Gerhard Bäßler ist ein Mann, der mit dem Reagenzglas Gerechtigkeit schafft.

Böblingen : Ulrich Stolte (uls)

Hochdorf - Stuttgart - Bei Gerhard Bäßler hat das Wort Blutspur einen doppelten Sinn. Denn als er vor mehr als 30 Jahren im Landeskriminalamt anfing, konnte man lediglich die Blutgruppe bestimmen, um einem Mörder auf die Spur zu kommen. Damals war er ein junger promovierter Biologe, den das ungewöhnliche Feld der Kriminalistik reizte. Und heute? Ein Jahr vor der Rente – wenn er nicht verlängert – leitet Bäßler eine Abteilung mit fast 60 Mitarbeitern, und wenn eine DNA-Spur auf einen Täter zeigt, dann ist es beinahe eine übermächtige Beweisspur.

 

Die Wahrscheinlichkeit, dass eine DNA-Untersuchung irrt, liegt bei eins zu 23 Billiarden. Oder anders herum ausgedrückt: In einem von 23 Billiarden Fällen liegt die Polizei bei der DNA falsch. Bei 4800 Anfragen jährlich, die das Gebäude in der Stuttgarter Taubenheimstraße erreichen, dürfte es also noch eine Weile dauern, bis die Fahnder ihr Wahrscheinlichkeitskontingent voll ausgeschöpft haben. Die unerhörte Beweiskraft, die DNA-Spuren damit haben, verpflichtet die Mitarbeiter aber auch zu besonderer Sorgfalt.

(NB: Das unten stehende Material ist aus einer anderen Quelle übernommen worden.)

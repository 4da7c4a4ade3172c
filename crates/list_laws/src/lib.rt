//! Laws alone: what the standard library's lemmas lack on lists that are walked, filtered, numbered or put together, and on tests.
//!
//! `Walks` and `Fronts` have the steps of loops, `RowWalks` and `ItemWalks` those of loops over rows and their items; `Positions`
//! what stands at a place; `Members`, `KeptLists`, `Filtered`, `Inserted` and `Pairs` which elements a list has that
//! was made of another, and what holds of each or of each pair; `Bools` has tests as truth values. There is no code.
#![tactic(auto)]
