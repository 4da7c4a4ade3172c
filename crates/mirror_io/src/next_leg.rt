//! The leg at which a read goes on.
ghost use Rattle.std.specs.Prelude.{◌≡◌, ◌∷◌, slice_get};
ghost use Rattle.mirror_io.specs.Legs.{next_leg};

use region_log::Region;
use sector_base::At;
use seg_place::Places;

/// Where a read goes on that failed at so many legs, the primary first: at the next leg, in a region whose legs agree; `None`
/// in any other region, and where each leg was tried.
pub fn after_read_fault(places: &Places, state: Region, tried: u32) -> Option<At>
    ensures { result ≡ next_leg places.now.primary places.now.others state tried }
{
    match state {
        Region::Synced => leg(places, tried),
        Region::Unsynced | Region::Copying => None,
    }
}

// The leg with this number, that of the primary being 0.
fn leg(places: &Places, number: u32) -> Option<At>
    ensures { result ≡ slice_get (places.now.primary ∷ places.now.others) number }
{
    if number == 0 {
        Some(places.primary)
    } else {
        places.others.as_slice().get(number as usize - 1).copied()
    }
}
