//! Which legs of a mirror a piece uses, by the state of its region.
//!
//! A region whose legs agree is written at all of them, the primary first, and any other at the primary alone. A read uses the
//! primary alone; where that fails in a region whose legs agree, it goes on at the next leg, until each was tried.
//!
//! Today every region counts as Unsynced, so a session's piece uses its primary place alone, and nobody asks here yet.
//! Sessions call this crate once moves and resync come.
#![tactic(auto)]

mod next_leg;
mod used_legs;

pub use next_leg::after_read_fault;
pub use used_legs::legs;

In der Asservatenkammer weht Schreibstubenluft. Es riecht nach Pappe und Leim. In den Kartons liegen Kleidungsstücke und Tatwerkzeuge – Gegenstände, auf denen DNA-Spuren haften können. Sie werden von den Ermittlern nach Stuttgart geschickt und warten auf eine Untersuchung. Wenn die Zeit drängt, können die Ermittler innerhalb von vier Stunden eine DNA-Untersuchung abschließen. Gerhard Bäßler ist ein besonnener Mann. Er lässt in seiner Abteilung keine Hektik aufkommen, nicht nur, um die Mitarbeiter zu schützen. Denn in der Hektik passieren Fehler, und die darf es in der DNA-Analyse nicht geben.

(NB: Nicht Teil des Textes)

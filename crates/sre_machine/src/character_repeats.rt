//! Single-character repeats: `REPEAT_ONE skip least greatest test SUCCESS`, greedy, and in the same layout the lazy
//! MIN_REPEAT_ONE and POSSESSIVE_REPEAT_ONE.
//!
//! A greedy repeat tries the longest count first, then the shorter ones. A lazy one tries the least count first, then
//! the longer ones, each of which takes one more character. If the words show the tail's first character, the counts
//! after which it is missing are skipped in one step. A possessive one has the longest count only.

ghost use Rattle.std.specs.Prelude.{◌≡◌, ◌+◌, ◌≤◌, ◌≢◌, ◌⊎◌, MatchOption, true, IfOk, ⊤, ◌<◌, ◌||◌, nat_eq, nat_lt};
ghost use Rattle.sre_machine.specs.Terms.{Instruction, end_of, word, run_of, TestAt, BoardValue, OpcodeAt, Excludes};
ghost use Rattle.sre_machine.specs.Terms.{Shorter, unlimited, skip, Longer};
ghost use Rattle.sre_machine.specs.EndlessRuns.{AreOperands};
ghost use Rattle.sre_machine.specs.Turns.{At, scan_at, Turn, AtPoint, DemandedAt, SkipsBothAt, TurnAt};
ghost use Rattle.sre_model.specs.TreePrices as prices;

use crate::long_repeats::is_in_vain;
use crate::machine::{choose, first_literal, is_elsewhere, lacks, opcode, refuses};
use sre_board::Board;
use sre_chars::constants::{MAXREPEAT, SreOpcode};
use sre_chars::string::{StrDrive, StringCursor};
use sre_growth::Refusal;
use sre_request::one_character::takes;
use sre_request::runs::{longest_run, run_up_to};
use sre_request::text::{back_one, back_over, read};
use sre_request::words::{operand, word};
use sre_request::{Request, one_character};
use sre_turns::{Next, Point};
use std::alloc::Allocator;

/// The address of the repeat's tail, and the least and the greatest count of its characters.
#[derive(Clone, Copy)]
pub(super) struct RunOperands {
    pub(super) tail: usize,
    pub(super) least: usize,
    pub(super) greatest: u32,
}

/// The operands of the repeat at an address.
#[tactic(auto, using(sre_turns::proofs::semantics::StepsInRuns::operands_within))]
#[inline(always)]
pub(super) fn run_operands<S: StrDrive>(req: &Request<'_, S>, place: usize) -> RunOperands
    requires { TestAt req.now (place + 4) }
    ensures { AreOperands req.now place result }
{
    let skip = operand(req, place, 1) as usize;
    RunOperands {
        tail: place + 1 + skip,
        least: operand(req, place, 2) as usize,
        greatest: operand(req, place, 3),
    }
}

// What a repeat with these counts is charged for its scan of a range up to `end`.
#[inline(always)]
fn counted_price(least: usize, greatest: u32, end: usize) -> u64
    ensures { result ≡ prices.scan_price end least greatest }
{
    let counted = if greatest as usize == MAXREPEAT {
        least
    } else {
        least.max(greatest as usize)
    };
    counted.min(end) as u64 / 8
}

// What the repeat at an address is charged for its scan.
#[inline(always)]
fn run_price<S: StrDrive>(req: &Request<'_, S>, place: usize) -> u64
    requires { TestAt req.now (place + 4) }
    ensures { result ≡ prices.scan_price (end_of req.now) (word (run_of req.now).words (place + 2))
        (word (run_of req.now).words (place + 3)) }
{
    let operands = run_operands(req, place);
    counted_price(operands.least, operands.greatest, req.end())
}

/// What the instruction at an address is charged for its scan at most, beside its step: 1 for each 8 characters that
/// the counts of a single-character repeat allow, and nothing for another instruction.
#[inline(never)]
pub(super) fn scan_price<S: StrDrive>(
    req: &Request<'_, S>,
    place: usize,
    cursor: StringCursor,
) -> u64
    requires { At req.now place cursor }
    ensures { result ≤ scan_at req.now (Instruction place) }
{
    match opcode(req, place, cursor) {
        SreOpcode::REPEAT_ONE => run_price(req, place),
        SreOpcode::MIN_REPEAT_ONE => run_price(req, place),
        SreOpcode::POSSESSIVE_REPEAT_ONE => run_price(req, place),
        _ => 0,
    }
}

// One of the shorter counts of a repeat: how many are shorter still, and the cursor after its characters.
#[derive(Clone, Copy)]
pub(super) struct ShorterRun {
    pub(super) left: usize,
    pub(super) end: StringCursor,
}

// The first of the shorter counts of a repeat after which the tail may match, if there is one. No character is known
// that must follow, but the tail may be a position code, as in `.*$`.
#[inline(always)]
fn first_in_place<S: StrDrive>(
    req: &Request<'_, S>,
    tail: usize,
    count: usize,
    start: StringCursor,
) -> Option<ShorterRun>
    requires more { count ≢ 0 }
    requires stands { AtPoint req.now (Shorter tail count) start }
    ensures { MatchOption result
        ((b : BoardValue) → TurnAt req.now (Shorter tail count) start b Next.Back b)
        (λ x. SkipsBothAt req.now (Shorter tail count) start (Instruction tail) (Shorter tail x.left) x.end) }
{
    let mut left = count - 1;
    let mut cursor = back_one(req, start);
    if opcode(req, tail, cursor) != SreOpcode::AT {
        return Some(ShorterRun { left, end: cursor });
    }
    'count: while is_elsewhere(req, tail, cursor) {
        if left == 0 {
            return None;
        }
        left -= 1;
        cursor = back_one(req, cursor);
    }
    Some(ShorterRun { left, end: cursor })
}

// The first of the shorter counts of a repeat after which the tail may match, if there is one.
#[inline(always)]
fn first_shorter<S: StrDrive>(
    req: &Request<'_, S>,
    tail: usize,
    wanted: Option<u32>,
    count: usize,
    start: StringCursor,
) -> Option<ShorterRun>
    requires wanted { DemandedAt req.now tail wanted }
    requires stands { AtPoint req.now (Shorter tail count) start }
    ensures { MatchOption result
        ((b : BoardValue) → TurnAt req.now (Shorter tail count) start b Next.Back b)
        (λ x. SkipsBothAt req.now (Shorter tail count) start (Instruction tail) (Shorter tail x.left) x.end) }
{
    if count == 0 {
        return None;
    }
    let Some(value) = wanted else {
        return first_in_place(req, tail, count, start);
    };
    let mut cursor = start;
    let mut left = count;
    'count: loop {
        if left == 0 {
            return None;
        }
        left -= 1;
        let step = back_over(req, cursor, value);
        cursor = step.1;
        if step.0 {
            return Some(ShorterRun { left, end: cursor });
        }
    }
}

/// The shorter counts of a repeat, each followed by the tail. `wanted` is the tail's first character, if it is known.
#[inline(always)]
fn shorter<S: StrDrive, A: Allocator>(
    req: &Request<'_, S>,
    board: &mut Board<A>,
    tail: usize,
    wanted: Option<u32>,
    count: usize,
    start: StringCursor,
) -> Result<Next, Refusal<A>>
    requires wanted { DemandedAt req.now tail wanted }
    requires stands { AtPoint req.now (Shorter tail count) start }
    ensures { IfOk result (λ next. TurnAt req.now (Shorter tail count) start board.old next board.new) }
{
    let Some(found) = first_shorter(req, tail, wanted, count, start) else {
        board.note_vain(count);
        return Ok(Next::Back);
    };
    if found.left == 0 {
        return Ok(Next::At(tail, found.end));
    }
    Ok(choose(
        req,
        board,
        tail,
        Point::Shorter(tail, found.left),
        found.end,
    )?)
}

/// The shorter counts of a repeat that were saved.
#[inline(always)]
pub(super) fn shorter_saved<S: StrDrive, A: Allocator>(
    req: &Request<'_, S>,
    board: &mut Board<A>,
    tail: usize,
    count: usize,
    start: StringCursor,
) -> Result<Next, Refusal<A>>
    requires { AtPoint req.now (Shorter tail count) start }
    ensures { IfOk result (λ next. TurnAt req.now (Shorter tail count) start board.old next board.new) }
{
    if count == 0 {
        return Ok(Next::Back);
    }
    let nearest = back_one(req, start);
    let wanted = first_literal(req, tail, nearest);
    Ok(shorter(req, board, tail, wanted, count, start)?)
}

// Whether only the longest count of a repeat must be tried. Either no other is left, or the repeat's test does not take
// the character that the tail needs, so none of the repeat's own characters is that one. The latter is tested for a
// NOT_LITERAL only, as in `[^>]*>`, where one comparison decides it.
#[inline(always)]
fn is_only_count<S: StrDrive>(
    req: &Request<'_, S>,
    test: usize,
    wanted: Option<u32>,
    left: usize,
) -> bool
    requires { TestAt req.now test }
    ensures { result ≡ true → (left ≡ 0) ⊎ Excludes (run_of req.now).words test wanted }
{
    if left == 0 {
        return true;
    }
    let Some(character) = wanted else {
        return false;
    };
    word(req, test) == SreOpcode::NOT_LITERAL as u32 && operand(req, test, 1) == character
}

/// `REPEAT_ONE skip least greatest test SUCCESS`: the longest repeat of the test, then the shorter ones.
#[inline(always)]
pub(super) fn repeat_one<S: StrDrive, A: Allocator>(
    req: &Request<'_, S>,
    board: &mut Board<A>,
    place: usize,
    cursor: StringCursor,
) -> Result<Next, Refusal<A>>
    requires opcode { OpcodeAt req.now place SreOpcode.REPEAT_ONE }
    requires stands { At req.now place cursor }
    ensures { IfOk result (λ next. Turn req.now place cursor board.old next board.new) }
{
    let operands = run_operands(req, place);
    if is_in_vain(req, board, place + 4, operands.tail, cursor) {
        return Ok(Next::Back);
    }
    let run = longest_run(req, place + 4, operands.greatest, cursor);
    board.pass(run.count);
    if run.count < operands.least {
        return Ok(Next::Back);
    }
    let tail = operands.tail;
    let left = run.count - operands.least;
    let wanted = first_literal(req, tail, run.end);
    let is_only = is_only_count(req, place + 4, wanted, left);
    if lacks(req, wanted, run.end) {
        if is_only {
            return Ok(Next::Back);
        }
        return Ok(shorter(req, board, tail, wanted, left, run.end)?);
    }
    if is_only {
        return Ok(Next::At(tail, run.end));
    }
    Ok(choose(req, board, tail, Point::Shorter(tail, left), run.end)?)
}

// Whether a repeat may be longer than so many characters.
#[inline(always)]
fn may_grow(greatest: u32, count: usize) -> bool
    ensures { result ≡ (nat_eq greatest unlimited || nat_lt count greatest) }
{
    greatest as usize == MAXREPEAT || count < greatest as usize
}

// The cursor after one more character of a repeat, which has `count` of them, if it may be longer.
#[inline(always)]
pub(super) fn one_longer<S: StrDrive>(
    req: &Request<'_, S>,
    place: usize,
    operands: RunOperands,
    opcode: SreOpcode,
    count: usize,
    cursor: StringCursor,
) -> Option<StringCursor>
    requires read { AreOperands req.now place operands }
    requires opcode { OpcodeAt req.now (place + 4) opcode }
    requires stands { AtPoint req.now (Longer place count) cursor }
    ensures longer { MatchOption result
        ((b : BoardValue) → TurnAt req.now (Longer place count) cursor b Next.Back b)
        (λ after. SkipsBothAt req.now (Longer place count) cursor (Instruction operands.tail)
        (Longer place (count + 1)) after) }
    ensures inside { MatchOption result ⊤
        (λ after. (cursor.position < (run_of req.now).subject.end) × (after.position ≡ cursor.position + 1)) }
{
    if !may_grow(operands.greatest, count) {
        return None;
    }
    if cursor.position() >= req.end() {
        return None;
    }
    let (character, after) = read(req, cursor);
    if takes(req, place + 4, opcode, character) {
        Some(after)
    } else {
        None
    }
}

// How far a lazy repeat goes: after how many of its characters, and the cursor there if the tail may match.
#[derive(Clone, Copy)]
struct Reach {
    count: usize,
    end: Option<StringCursor>,
}

// The first of the longer counts after which the tail may match, if there is one. If BRIEF is set, a scan ends after 63
// characters, at a count after which the tail may fail. It is out of line, so that its loop has the registers to
// itself.
#[inline(never)]
fn first_longer<S: StrDrive, const BRIEF: bool>(
    req: &Request<'_, S>,
    place: usize,
    tail: usize,
    least: usize,
    start: StringCursor,
) -> Reach
    requires tail { tail ≡ skip (run_of req.now).words (place + 1) }
    requires stands { AtPoint req.now (Longer place least) start }
    ensures { MatchOption result.end
        ((b : BoardValue) → TurnAt req.now (Longer place least) start b Next.Back b)
        (λ end. SkipsBothAt req.now (Longer place least) start (Instruction tail) (Longer place result.count)
        end) }
{
    let operands = run_operands(req, place);
    let opcode = one_character::opcode(req, place + 4);
    let Some(nearest) = one_longer(req, place, operands, opcode, least, start) else {
        return Reach {
            count: least,
            end: None,
        };
    };
    let wanted = first_literal(req, tail, nearest);
    let mut cursor = nearest;
    let mut count = least + 1;
    'count: loop {
        if !lacks(req, wanted, cursor) {
            return Reach {
                count,
                end: Some(cursor),
            };
        }
        if BRIEF && count.saturating_sub(least) >= 63 {
            return Reach {
                count,
                end: Some(cursor),
            };
        }
        let Some(after) = one_longer(req, place, operands, opcode, count, cursor) else {
            return Reach { count, end: None };
        };
        cursor = after;
        count += 1;
    }
}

Besonders eilig sind natürlich jene Fälle, in denen der Täter flüchtig ist. Zu Beginn der Ermittlungen trifft sich dann auch eine zehnköpfige Konferenz von Experten, die den Fall diskutieren. „Wir überlegen uns, welche Spuren vorhanden sind, aber auch, welche vorhanden sein könnten“, sagt Bäßler. Er versucht, den Ermittlern aus seinem Erfahrungsschatz Hinweise zu geben. „Bei einem Banküberfall beispielsweise kam der Vorschlag, den Tresen zu untersuchen, an dem der Räuber gelehnt hatte“. Weil dort jedoch großer Publikumsverkehr herrscht, hätten die Molekulargenetiker zu viele Mischspuren bekommen.

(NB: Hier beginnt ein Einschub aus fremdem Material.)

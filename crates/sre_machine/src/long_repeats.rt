//! Long single-character repeats, over whose characters a search would go again and again.
//!
//! A repeat must fail if the LITERAL that its tail needs is nowhere in the rest of the range. Searching for it costs
//! less than a repeat over as many characters, and yet much if the repeat is short. So it is searched only after
//! repeats have failed over much of the text, as at each step of an iteration of `[a-z]*b|a` over letters a.
//!
//! With an open memo, a repeat without a greatest count goes step by step. Its outcomes are those of the same repeat
//! one character later, and those after its own first end. Of a possessive one they are those of the later repeat
//! alone, if there is one. So the machine continues at that later repeat, which is looked up and tried like any
//! instruction. Each end is tried once, wherever the repeat began.

ghost use Rattle.std.specs.Prelude.{◌≡◌, ℕ, ◌<◌, ◌≤◌, true, length, None, ◌+◌, ◌-◌, ◌^◌, MatchOption, IfOk, false};
ghost use Rattle.sre_machine.specs.Terms.{Opcode, Standing, TestAt, unlimited, Longer, end_of, OpcodeAt, WordAt};
ghost use Rattle.sre_machine.specs.Turns.{RefusesAt, DemandedAt, At, TurnOnce, AtPoint, TurnAt};
ghost use Rattle.sre_machine.specs.EndlessRuns.{TakenAt, NotTakenAt, LacksLeast, EndsFirst, BeginsLater, IsEndlessRun};
ghost use Rattle.sre_machine.specs.EndlessRuns.{HasOtherEnds};

use crate::character_repeats::{longer, one_longer, run_operands};
use crate::machine::{opcode, refuses};
use sre_board::{Board, LOOK_SPEED};
use sre_chars::constants::{MAXREPEAT, SreOpcode};
use sre_chars::string::{StrDrive, StringCursor};
use sre_growth::Refusal;
use sre_request::one_character::takes;
use sre_request::runs::{longest_run, run_up_to};
use sre_request::text::read;
use sre_request::words::{operand, word, word_at};
use sre_request::{Request, one_character};
use sre_turns::{Next, Point};
use std::alloc::Allocator;
use std::convert::TryFrom;

// Whether an opcode is at an address.
#[inline(always)]
fn stands_at(words: &[u32], place: usize, opcode: SreOpcode) -> bool
    ensures { result ≡ true → (Opcode words.now place opcode) × (place < length words.now) }
{
    match word_at(words, place) {
        Some(word) => word == opcode as u32,
        None => false,
    }
}

// The character that must come next at an address, if a LITERAL gives it, after MARKs. The machine may never reach the
// address, so the bytecode may end before it.
fn demanded_at<S: StrDrive>(req: &Request<'_, S>, start: usize) -> Option<u32>
    ensures { DemandedAt req.now start result }
{
    let words = req.pattern_codes().items();
    let _length = words.len(); // a slice has few items, so no address overflows
    let mut place = start;
    'mark: while stands_at(words, place, SreOpcode::MARK) {
        place += 2;
    }
    if !stands_at(words, place, SreOpcode::LITERAL) {
        return None;
    }
    word_at(words, place + 1)
}

// Whether the code at an address fails from a cursor on, because its LITERAL is nowhere up to the end of the range.
fn is_nowhere<S: StrDrive>(req: &Request<'_, S>, place: usize, cursor: StringCursor) -> bool
    requires { Standing req.now cursor }
    ensures { result ≡ true → (q : ℕ) → cursor.position ≤ q → RefusesAt req.now place q }
{
    if cursor.position() >= req.end() {
        return false;
    }
    let Some(character) = demanded_at(req, place) else {
        return false;
    };
    let mut found = cursor;
    !req.string().seek(&mut found, character, req.end())
}

// Whether the tail of a repeat fails so, if the repeat takes at least 1 in `LOOK_SPEED` of the remaining characters.
#[inline(never)]
fn lacks_what_follows<S: StrDrive>(
    req: &Request<'_, S>,
    test: usize,
    tail: usize,
    cursor: StringCursor,
) -> bool
    requires test { TestAt req.now test }
    requires stands { Standing req.now cursor }
    ensures { result ≡ true → (q : ℕ) → cursor.position ≤ q → RefusesAt req.now tail q }
{
    let left = req.end().saturating_sub(cursor.position());
    let part = u32::try_from(left / LOOK_SPEED).unwrap_or(u32::MAX);
    longest_run(req, test, part, cursor).count >= part as usize && is_nowhere(req, tail, cursor)
}

/// Whether the tail of a repeat is known to fail from a cursor on. It is tested only if the last failed repeat was
/// long, and this one is, too. The test counts as scanning twice the part that the repeat covers, since it scans the
/// rest much faster.
#[inline(always)]
pub(super) fn is_in_vain<S: StrDrive, A: Allocator>(
    req: &Request<'_, S>,
    board: &mut Board<A>,
    test: usize,
    tail: usize,
    cursor: StringCursor,
) -> bool
    requires test { TestAt req.now test }
    requires stands { Standing req.now cursor }
    ensures told { result ≡ true → (q : ℕ) → cursor.position ≤ q → RefusesAt req.now tail q }
    ensures board { board.new ≡ board.old }
{
    if !board.ran_long_in_vain() {
        return false;
    }
    let left = req.end().saturating_sub(cursor.position());
    if !board.is_look_worth(left) {
        return false;
    }
    board.pass(left / (LOOK_SPEED / 2));
    lacks_what_follows(req, test, tail, cursor)
}

/// Whether a repeat without a greatest count is at an address.
#[inline(always)]
pub(super) fn is_endless_run<S: StrDrive>(
    req: &Request<'_, S>,
    place: usize,
    cursor: StringCursor,
) -> bool
    requires { At req.now place cursor }
    ensures on { result ≡ true → IsEndlessRun req.now place }
    ensures off { result ≡ false → IsEndlessRun req.now place → ⊥ }
{
    match opcode(req, place, cursor) {
        SreOpcode::REPEAT_ONE => operand(req, place, 3) as usize == MAXREPEAT,
        SreOpcode::MIN_REPEAT_ONE => operand(req, place, 3) as usize == MAXREPEAT,
        SreOpcode::POSSESSIVE_REPEAT_ONE => operand(req, place, 3) as usize == MAXREPEAT,
        _ => false,
    }
}

// Whether the repeat at an address is possessive. If not, it has other ends beside its longest.
#[inline(always)]
fn gives_nothing_back<S: StrDrive>(req: &Request<'_, S>, place: usize) -> bool
    requires { IsEndlessRun req.now place }
    ensures possessive { result ≡ true → OpcodeAt req.now place SreOpcode.POSSESSIVE_REPEAT_ONE }
    ensures others { result ≡ false → HasOtherEnds req.now place }
{
    word(req, place) == SreOpcode::POSSESSIVE_REPEAT_ONE as u32
}

// Whether only MARKs come between an address and a SUCCESS, so that nothing fails there.
fn only_ends<S: StrDrive>(req: &Request<'_, S>, start: usize) -> bool {
    let words = req.pattern_codes().items();
    let _length = words.len(); // a slice has few items, so no address overflows
    let mut place = start;
    'mark: while stands_at(words, place, SreOpcode::MARK) {
        place += 2;
    }
    stands_at(words, place, SreOpcode::SUCCESS)
}

/// Whether a repeat should scan at once in any case, inside an atomic scope whose ends are not memoized. It should if
/// it is possessive, or if the scope ends after it, since only its first end then counts.
#[inline(always)]
pub(super) fn is_better_at_once<S: StrDrive>(req: &Request<'_, S>, place: usize) -> bool
    requires { IsEndlessRun req.now place }
{
    if gives_nothing_back(req, place) {
        return true;
    }
    only_ends(req, run_operands(req, place).tail)
}

// Whether the repeat at an address is lazy. If not, it is greedy.
#[inline(always)]
fn is_lazy<S: StrDrive>(req: &Request<'_, S>, place: usize) -> bool
    requires { HasOtherEnds req.now place }
    ensures lazy { result ≡ true → OpcodeAt req.now place SreOpcode.MIN_REPEAT_ONE }
    ensures greedy { result ≡ false → OpcodeAt req.now place SreOpcode.REPEAT_ONE }
{
    word(req, place) == SreOpcode::MIN_REPEAT_ONE as u32
}

// Whether the test at an address takes the next character of the range.
#[inline(always)]
fn takes_next<S: StrDrive>(
    req: &Request<'_, S>,
    place: usize,
    test: SreOpcode,
    cursor: StringCursor,
) -> bool
    requires opcode { OpcodeAt req.now place test }
    requires test { TestAt req.now place }
    requires stands { Standing req.now cursor }
    ensures taken { result ≡ true → TakenAt req.now place cursor.position }
    ensures inside { result ≡ true → cursor.position < end_of req.now }
    ensures not_taken { result ≡ false → NotTakenAt req.now place cursor.position }
{
    if cursor.position() >= req.end() {
        return false;
    }
    let (character, _after) = read(req, cursor);
    takes(req, place, test, character)
}

// The first end of a repeat, after its least count, and where the repeat with the other ends begins: one character
// later, if there are any.
#[derive(Clone, Copy)]
struct FirstEnd {
    end: StringCursor,
    later: Option<StringCursor>,
}

// The first end of a repeat without a greatest count, if it has one.
#[inline(always)]
fn first_end<S: StrDrive, A: Allocator>(
    req: &Request<'_, S>,
    board: &mut Board<A>,
    place: usize,
    least: usize,
    start: StringCursor,
) -> Option<FirstEnd>
    requires test { TestAt req.now (place + 4) }
    requires room { place + 2 ^ 33 < 2 ^ 64 }
    requires stands { Standing req.now start }
    ensures ends { MatchOption result
        (LacksLeast req.now place least start.position)
        (λ x. EndsFirst req.now place least start.position x.end x.later) }
    ensures board { board.new ≡ board.old }
{
    if req.end().saturating_sub(start.position()) < least {
        return None;
    }
    let run = run_up_to(req, place + 4, least, start);
    board.pass(run.count);
    if run.count < least {
        return None;
    }
    let end = run.end;
    let test = one_character::opcode(req, place + 4);
    if !takes_next(req, place + 4, test, end) {
        return Some(FirstEnd { end, later: None });
    }
    let (_character, after) = read(req, start);
    Some(FirstEnd {
        end,
        later: Some(after),
    })
}

/// A repeat without a greatest count, with an open memo: its first end, and the same repeat one character later. For a
/// possessive one it is the later repeat alone, or the end if there is no later one.
#[inline(always)]
pub(super) fn endless_run<S: StrDrive, A: Allocator>(
    req: &Request<'_, S>,
    board: &mut Board<A>,
    place: usize,
    cursor: StringCursor,
) -> Result<Next, Refusal<A>>
    requires on { IsEndlessRun req.now place }
    requires stands { At req.now place cursor }
    ensures { IfOk result (λ next. TurnOnce req.now place cursor board.old next board.new) }
{
    let operands = run_operands(req, place);
    let Some(first) = first_end(req, board, place, operands.least, cursor) else {
        return Ok(Next::Back);
    };
    let end = first.end;
    let Some(later) = first.later else {
        return Ok(Next::At(operands.tail, end));
    };
    if gives_nothing_back(req, place) {
        return Ok(Next::At(place, later));
    }
    if refuses(req, operands.tail, end) {
        return Ok(Next::At(place, later));
    }
    if is_lazy(req, place) {
        board.save(Point::Instruction(place), later)?;
        return Ok(Next::At(operands.tail, end));
    }
    board.save(Point::Instruction(operands.tail), end)?;
    Ok(Next::At(place, later))
}

// Whether the repeat at an address is lazy and has no greatest count.
#[inline(always)]
fn goes_on_lazily<S: StrDrive>(req: &Request<'_, S>, place: usize) -> bool
    requires { TestAt req.now (place + 4) }
    ensures lazy { result ≡ true → OpcodeAt req.now place SreOpcode.MIN_REPEAT_ONE }
    ensures greatest { result ≡ true → WordAt req.now (place + 3) unlimited }
{
    if word(req, place) != SreOpcode::MIN_REPEAT_ONE as u32 {
        return false;
    }
    operand(req, place, 3) as usize == MAXREPEAT
}

// Where the repeat with the ends after a given one begins, if there are any.
#[inline(always)]
fn later_start<S: StrDrive>(
    req: &Request<'_, S>,
    place: usize,
    least: usize,
    end: StringCursor,
) -> Option<StringCursor>
    requires test { TestAt req.now (place + 4) }
    requires room { place + 2 ^ 33 < 2 ^ 64 }
    requires least { least ≤ 1 }
    requires stands { Standing req.now end }
    ensures { MatchOption result
        (NotTakenAt req.now (place + 4) end.position)
        (λ later. BeginsLater req.now place least end.position later) }
{
    let test = one_character::opcode(req, place + 4);
    if !takes_next(req, place + 4, test, end) {
        return None;
    }
    if least == 1 {
        return Some(end);
    }
    let (_character, after) = read(req, end);
    Some(after)
}

/// The longer counts of a repeat that were saved. If they were saved before the memo opened, and the repeat has no
/// greatest count: the next of them, and the same repeat from later on for the others. So these are looked up and tried
/// as those of any repeat. All others are tried in brief steps, so that no step costs more than one.
#[inline(never)]
pub(super) fn later_run<S: StrDrive, A: Allocator>(
    req: &Request<'_, S>,
    board: &mut Board<A>,
    place: usize,
    count: usize,
    start: StringCursor,
) -> Result<Next, Refusal<A>>
    requires { AtPoint req.now (Longer place count) start }
    ensures { IfOk result (λ next. TurnAt req.now (Longer place count) start board.old next board.new) }
{
    let operands = run_operands(req, place);
    let least = operands.least;
    if least > 1 {
        return longer::<S, A, true>(req, board, place, count, start);
    }
    if !goes_on_lazily(req, place) {
        return longer::<S, A, true>(req, board, place, count, start);
    }
    let test = one_character::opcode(req, place + 4);
    let Some(end) = one_longer(req, place, operands, test, count, start) else {
        return Ok(Next::Back);
    };
    let Some(later) = later_start(req, place, least, end) else {
        return Ok(Next::At(operands.tail, end));
    };
    board.save(Point::Instruction(place), later)?;
    Ok(Next::At(operands.tail, end))
}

Vor den Glastüren der Untersuchungsräume steht „Betreten verboten.“ Die Mitarbeiter der DNA-Fahnder müssen besonders vorsichtig sein, um Verunreinigungen zu vermeiden. Auf dem Tisch liegt ein grünes Nachthemd – und auf einmal werden DNA-Spuren und ein Blutfleck zu einem Menschen, einer Tat, vielleicht einer Tragödie. Über konkrete Fälle spreche er nicht, sagt Gerhard Bäßler. Aber auch im Fall der ermordeten Freiburger Studentin habe das Landeskriminalamt ermittelt, wie in allen anderen Fällen auch. Mittlerweile ist das DNA-Verfahren eine Standard-Untersuchung, die bei nahezu jedem Verbrechen angewendet wird.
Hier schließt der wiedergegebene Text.